Tuesday, 10 April 2012

IT’S A MACRO / MICRO THING.

10:49:00 Posted by Lara Clayton , , , , , , 4 comments

I find that poetry changes the way in which you see the world; the more you write, read and engage with poetry, the more you notice. Eyes, once immature and full of glances, learn to focus, to be steady and to be patient. Like the zoom lens on a camera, life-size is magnified. Thought, rather than being merely an okra seed, becomes a coiled woodlouse; an armoured marble; an ammonite carved into snakestone, complete with the legend of Saint Hilda.

In poetry, it is not the form or the size of the poem that determines whether it could be classified as large or small, but rather it is the subject, the thought, or the idea contained within the parameters of the form. For example, the haiku is small (with  its seventeen syllables), yet its subject is often thought, traditionally, to be great – starting with a macro view of the world and then becoming more specific (the micro view).
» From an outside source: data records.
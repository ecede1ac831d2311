//! Queries by their text.
#![tactic(auto)]

mod answer;
mod depth;
mod operands;
mod operator;
mod query;
mod reader;

pub use query::read_query;
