// A query's text without a schema.
ghost use Rattle.std.specs.Prelude.{◌≡◌, ◌<◌, ◌-◌, ◌^◌};
ghost use Rattle.query_text_dm.specs.Answer.{IsSyntaxAnswer};
ghost use Rattle.query_text_dm.specs.Telling.{IsTold, end_of, fault_told, refusal, whole_told};

use crate::depth::before_too_deep;
use crate::operands::parse;
use algebra_dm::{Query, QueryError};
use grammar_dm::ReadError;
use query_tokens_dm::{Placed, tokens};
use std::alloc::Global;

/// What stands behind the tokens that are read.
#[derive(Clone, Copy, Debug, Drop)]
pub(crate) enum End {
    /// An opening parenthesis inside 64 open ones.
    TooDeep(usize),
    /// A text that is no token.
    NoToken(usize),
    /// Nothing; and the place of the byte behind the text.
    Nothing(usize),
}

// What stands behind the tokens.
fn end_of(deep: Option<usize>, stop: Option<usize>, len: usize) -> End
    requires { len < 2 ^ 64 - 1 }
    ensures { result ≡ end_of deep stop len }
{
    match deep {
        Some(place) => End::TooDeep(place),
        None => match stop {
            Some(place) => End::NoToken(place),
            None => End::Nothing(len + 1),
        },
    }
}

// The refusal of tokens that begin a query, which is not whole or stands before a stop.
fn refusal(end: End) -> QueryError
    ensures { result ≡ refusal end }
{
    match end {
        End::TooDeep(place) => QueryError::TooDeep(place as u64),
        End::NoToken(place) => QueryError::BadQuery(place as u64),
        End::Nothing(place) => QueryError::BadQuery(place as u64),
    }
}

// The refusal of tokens of which these are left at the first fault.
fn fault(rest: &[Placed], end: End) -> QueryError
    ensures { result ≡ fault_told rest.now end }
{
    match rest {
        [first, ..] => QueryError::BadQuery(first.place as u64),
        [] => refusal(end),
    }
}

// A whole query, where nothing stands behind it.
fn whole(query: Query, end: End) -> Result<Query, QueryError>
    ensures { result ≡ whole_told query end }
{
    match end {
        End::Nothing(_) => Ok(query),
        _ => Err(refusal(end)),
    }
}

fn judged(alloc: Global, kept: &[Placed], end: End) -> Result<Query, QueryError>
    ensures { IsTold kept.now end result }
{
    match parse(alloc, kept) {
        Ok(query) => whole(query, end),
        Err(ReadError::Memory) => Err(QueryError::Memory),
        Err(ReadError::At(rest, _)) => Err(fault(rest, end)),
    }
}

/// The query of a text, or the text's first fault.
pub(crate) fn read_text(alloc: Global, bytes: &[u8]) -> Result<Query, QueryError>
    ensures { IsSyntaxAnswer bytes.now result }
{
    let (found, stop) = tokens(alloc, bytes)?;
    let (kept, deep) = before_too_deep(found.as_slice());
    judged(alloc, kept, end_of(deep, stop, bytes.len()))
}
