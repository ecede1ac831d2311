ghost use Rattle.std.specs.Prelude.{◌≡◌, IfOk};
ghost use Rattle.algebra_dm.specs.Nodes.{IsWellFormed};
ghost use Rattle.query_text_dm.specs.Answer.{HasOneAnswer, IsAnswer};

use crate::answer::read_text;
use algebra_dm::{Query, QueryError, check_query};
use schema_dm::Schema;
use std::alloc::Global;

/// Reads a query of the algebra over the schema's tables from its text.
///
/// White space is space, tab, CR and LF. A query is an operator and what it is applied to, in parentheses: `(table NAME)`,
/// `(null NAME)`, `(eq query NAME value)`, `(ne query NAME value)`, `(isnull query NAME)`, `(notnull query NAME)`,
/// `(project query NAME ...)`, `(rename query NAME NAME)`, `(join query query)`, `(union query query)`,
/// `(diff query query)`. A name is a bare word (an ASCII letter or `_`, then these and digits), or a quoted text that isn't
/// empty; in quotes a quote is doubled. A value is the word of a kind and a quoted text: that of `text` is taken as it is,
/// and every other is read as a field of a table's file.
///
/// - `TooDeep` names an opening parenthesis inside 64 open ones.
/// - `BadQuery` names the first text that is no token, the first token with which the tokens so far begin no query, or a
///   quoted text that spells no value of its kind; or the byte after the end, where the query isn't whole. Whichever of all
///   these stands first in the text is told, and at one place `TooDeep`.
/// - Else the first fault at a node of the query, as `check_query` tells it.
/// - `Memory` for want of memory.
///
/// Places count bytes from 1. There is one right answer.
pub fn read_query(alloc: Global, schema: &Schema, bytes: &[u8]) -> Result<Query, QueryError>
    ensures answer { IsAnswer schema.now bytes.now result }
    ensures well_formed { IfOk result (IsWellFormed schema.now) }
    ensures one { HasOneAnswer schema.now bytes.now }
{
    let query = read_text(alloc, bytes)?;
    check_query(alloc, schema, &query)?;
    Ok(query)
}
Often, within my own poetry, I find myself using this macro/micro technique – beginning with a large image and then zooming in on a smaller detail. It is these little, usually unnoticed, observations that create the depth and prevent the poem from being merely a backdrop. You want to surprise the reader: tell them something new, give them a different view of the world.


Recycling

Compost and soot from allotment bonfires
is forked into the freshly dug soil.

Old wardrobes and skirting boards
are cut to make raised beds.

A rusty swing frame is draped with green netting –
ready for when the runner beans start to climb.

Thank you for reading,
Lara
Reactions:

4 comments:

Ashley R Lister said...

Excellent post (as always).

I have to ask - what are those things in the picture?

Ash

Jim Murdoch said...

I have always favoured an aphoristic style of poetry and it’s rare for any of my poems to be more than a few lines long. Longer poems are fine where there’s a narrative—‘Tam o’ Shanter’ or ‘The Rime of the Ancient Mariner’—but, for me, compression is everything. I often say, “Say what you have to say and get off the page.” I’m also fond of punch lines—which your poem lacks—because I think it’s particularly helpful to the reader to go out with a bang, a bit like the moral at the end of a fable. Had this been my poem I would have probably added, as a final line: “What goes around comes around.” Zooming in on images is fine but without a setting or a context it’s sometimes hard to join the dots. I find this with art. Sometimes I’ll look at a diptych (or a triptych in your case) and struggle to see the connection between the images. This is where a creative title, as opposed to a label—which I’m as guilty as the next poet for using—helps so, rather than adding that extra line, changing the title to ‘What Goes Around Comes Around’ might work better. This is just me thinking out loud of course. It’s your poem and I don’t mean to criticise. I’m just trying to illustrate how I might have tackled the material.

Nikki Magennis said...

Great post and I like the images in the poem, Lara.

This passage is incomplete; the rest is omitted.